The only characters which can be read from the keyboard are ZSCII characters defined for input (see S3).
However, I don’t see what should happen if a user enters a Unicode character that’s not defined for ZSCII. Should the interpreter reject input entirely, change it to a ?, delete it, or is the behavior implementation-defined?
(Don’t forget to allow unicode characters that exist in the extra characters table)
I think that the standard saying they cannot be read definitely implies they should never, ever, ever end up in the text buffer that is read by lexical analysis. What the interpreter chooses to do: reject, alter, or ignore would seem to be implementation defined. My interpreter library skips the illegal character and signals a fault to the front-end, which can handle however it pleases: beep, error message, quit, format hard drive, etc.
The reason I ask is: the Dialog compiler can’t always prove that certain words will not be used for input-matching (if they appear in a closure), so it generates dictionary words for them to be safe. If these dictionary words contain Unicode that’s not in ZSCII (including the extra characters table), this is an error, and halts compilation.
I want to change that to a warning, because if the author can guarantee they’re not being used for input-matching, then there’s no reason for it to be an error. However, I’m not sure if it should generate dictionary words with a ? in the middle of them, or generate dictionary words with that character removed, or just not create a dictionary word at all. (Ideally, it shouldn’t matter.)
Unknown characters get converted to a question mark, so removing them from the dictionary word would mean they’d never match. Generating dictionary words with question marks in them should probably work, as long as question marks aren’t in the word separators list. If you did that the words could actually be used.
Huh, you might be right, I can’t see it either.
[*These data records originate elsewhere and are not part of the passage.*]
//! The commands `new` and `check`, over bytes and writers.

ghost use Rattle.std.specs.Prelude.{[], ◌≡◌, ◌≢◌, IfOk, OnErr, is_ok, string_bytes};
ghost use Rattle.image_commands.specs.Commands.{EndsNew};
ghost use Rattle.image_commands.specs.FaultLines.{Says};
ghost use Rattle.image_commands.specs.ImageChecks.{EndsCheck, heap_line, summary_in, summary_lines};
ghost use Rattle.allowance.specs.Refusals.{GrowthRefused};
ghost use Rattle.palm_text.specs.Output.{Puts, output};

use crate::faults::{say_fault, say_no_image};
use crate::summary_documents::say_document;
use allowance::{Allowance, text_of};
use chunk_format::{BlankFault, blank_from};
use heap_check::Summary;
use palm_text::{Counted, WriteFault, put};
use program_io::command_line::Form;
use program_io::{Status, say, say_text};
use raw_region::Region;
use std::alloc::{AllocError, Global};
use std::io::Write;
use store_check::{StoreFault, StoreSummary, check_store};

/// Writes a blank image of this size and slot count to `image_out`, and then `ok` to `out`.
///
/// If no image may have this size and slot count, prints why on `out` and writes no image.
pub fn cmd_new<W: Write, V: Write>(
    alloc: Global,
    size: u32,
    slots: u16,
    image_out: &mut Counted<W>,
    out: &mut Counted<V>,
) -> Status
    ensures ends { EndsNew size slots (output W.contents image_out.old image_out.new)
        (output V.contents out.old out.new) result }
    ensures short { result ≡ Status.NoMemory → GrowthRefused }
{
    cmd_new_from(&alloc, size, slots, image_out, out)
}

/// The same as `cmd_new`. Each allocation asks `memory` for a grant.
pub fn cmd_new_from<A: Allowance, W: Write, V: Write>(
    memory: &A,
    size: u32,
    slots: u16,
    image_out: &mut Counted<W>,
    out: &mut Counted<V>,
) -> Status
    ensures ends { EndsNew size slots (output W.contents image_out.old image_out.new)
        (output V.contents out.old out.new) result }
    ensures short { result ≡ Status.NoMemory → A.is_short memory.now }
{
    let region = match blank_from(memory, size, slots) {
        Ok(region) => region,
        Err(BlankFault::OutOfMemory) => return Status::NoMemory,
        Err(BlankFault::BadSize) => return say_no_image(BlankFault::BadSize, out),
        Err(BlankFault::BadSlotCount) => return say_no_image(BlankFault::BadSlotCount, out),
    };
    match put_image(image_out, &region) {
        Ok(()) => say(b"ok\n", Status::Done, out),
        Err(_) => Status::WriteFault,
    }
}

/// Checks an image, and prints its summary, or `bad` and the first fault.
pub fn cmd_check<V: Write>(alloc: Global, image: &[u8], out: &mut Counted<V>) -> Status
    ensures ends { EndsCheck Form.Text image.now (output V.contents out.old out.new) result }
    ensures short { result ≡ Status.NoMemory → GrowthRefused }
{
    match Region::copied_from(&alloc, image) {
        Ok(region) => check_region_from(&alloc, &region, Form::Text, out),
        Err(_) => Status::NoMemory,
    }
}

/// Checks an image in a region, and prints in a form what is in it or the first fault. It makes no
/// copy of the image. Each allocation asks `memory` for a grant.
#[tactic(auto, using(crate::proofs::Checked::summary_ends, crate::proofs::Checked::fault_ends, crate::proofs::Checked::memory_ends))]
pub fn check_region_from<A: Allowance, V: Write>(
    memory: &A,
    region: &Region,
    form: Form,
    out: &mut Counted<V>,
) -> Status
    requires whole { region.now.lents ≡ [] }
    ensures ends { EndsCheck form region.now.bytes (output V.contents out.old out.new) result }
    ensures short { result ≡ Status.NoMemory → A.is_short memory.now }
{
    match check_store(memory, region) {
        Ok(summary) => say_summary(memory, form, &summary, out),
        Err(fault) if fault == StoreFault::OutOfMemory => Status::NoMemory,
        Err(fault) => say_fault(out, form, fault),
    }
}

/// Prints what is in an accepted image.
fn say_summary<A: Allowance, V: Write>(
    memory: &A,
    form: Form,
    summary: &StoreSummary,
    out: &mut Counted<V>,
) -> Status
    ensures said { result ≢ Status.NoMemory → Says (output V.contents out.old out.new)
        (summary_in form summary.now) Status.Done result }
    ensures no_memory { result ≡ Status.NoMemory → out.new ≡ out.old }
    ensures short { result ≡ Status.NoMemory → A.is_short memory.now }
{
    match form {
        Form::Text => say_text(summary_text(memory, summary), Status::Done, out),
        Form::Json => say_document(out, summary),
    }
}

/// Returns the lines for an accepted image.
fn summary_text<A: Allowance>(memory: &A, summary: &StoreSummary) -> Result<String, AllocError>
    ensures lines { IfOk result (λ lines. string_bytes lines ≡ summary_lines summary.now) }
    ensures short { OnErr result (A.is_short memory.now) }
{
    let line = heap_text(memory, &summary.heap)?;
    let databases = summary.databases;
    text_of(memory, format_args!("{line}databases {databases}\n"))
}

/// Returns the line for an accepted heap.
fn heap_text<A: Allowance>(memory: &A, summary: &Summary) -> Result<String, AllocError>
    ensures line { IfOk result (λ line. string_bytes line ≡ heap_line summary.now) }
    ensures short { OnErr result (A.is_short memory.now) }
{
    let Summary {
        size,
        slots,
        movable,
        fixed,
        free,
    } = *summary;
    text_of(
        memory,
        format_args!("ok size {size} slots {slots} movable {movable} fixed {fixed} free {free}\n"),
    )
}

/// Writes the whole image, and flushes.
fn put_image<W: Write>(image_out: &mut Counted<W>, region: &Region) -> Result<(), WriteFault>
    requires { region.now.lents ≡ [] }
    ensures { Puts W.contents image_out.old image_out.new region.now.bytes (is_ok result) }
{
    put(image_out, region.as_slice())
}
But it’s a convention at least, for Frotz and Bocfel do it too.
It’s also not so clear how a Glk library is meant to handle unicode data for glk_request_line_event.
However I did just notice that several (most?) Glk libraries get Latin-1 character events wrong too: RemGlk turns higher unicode into a ?, while GlkOte does a % 0xFF, instead of returning keycode_Unknown as section 2.4 indicates. @Zarf would you consider that to be the right reading?
Thinking about this some more:
Don’t generate a word if you can prove it won’t be used.
If there’s no way around the ambiguity, then question marks are probably the way to go. Omitting characters could lead to collisions with other words.
Something I’ve been aware of for years, but never seen mentioned is this:
While illegal characters are forbidden from being recieved as input, there’s still a sneaky way for them to end up getting parsed and/or screwing up read operations. Version 5’s pre-loaded input allows reads to start with data already in the text buffer. There’s nothing preventing code from populating that with illegal values before calling read. In a true torture test that I imagine most interpreters would assuredly fail, we pre-populate this buffer with a mix of legitimate zscii and nulls. Since nulls are guaranteed to never affect output streams and the game itself is responsible for drawing pre-loaded input, what’s in the buffer and what’s on the screen will not agree, even to the count of characters. Press backspace during that read at your peril!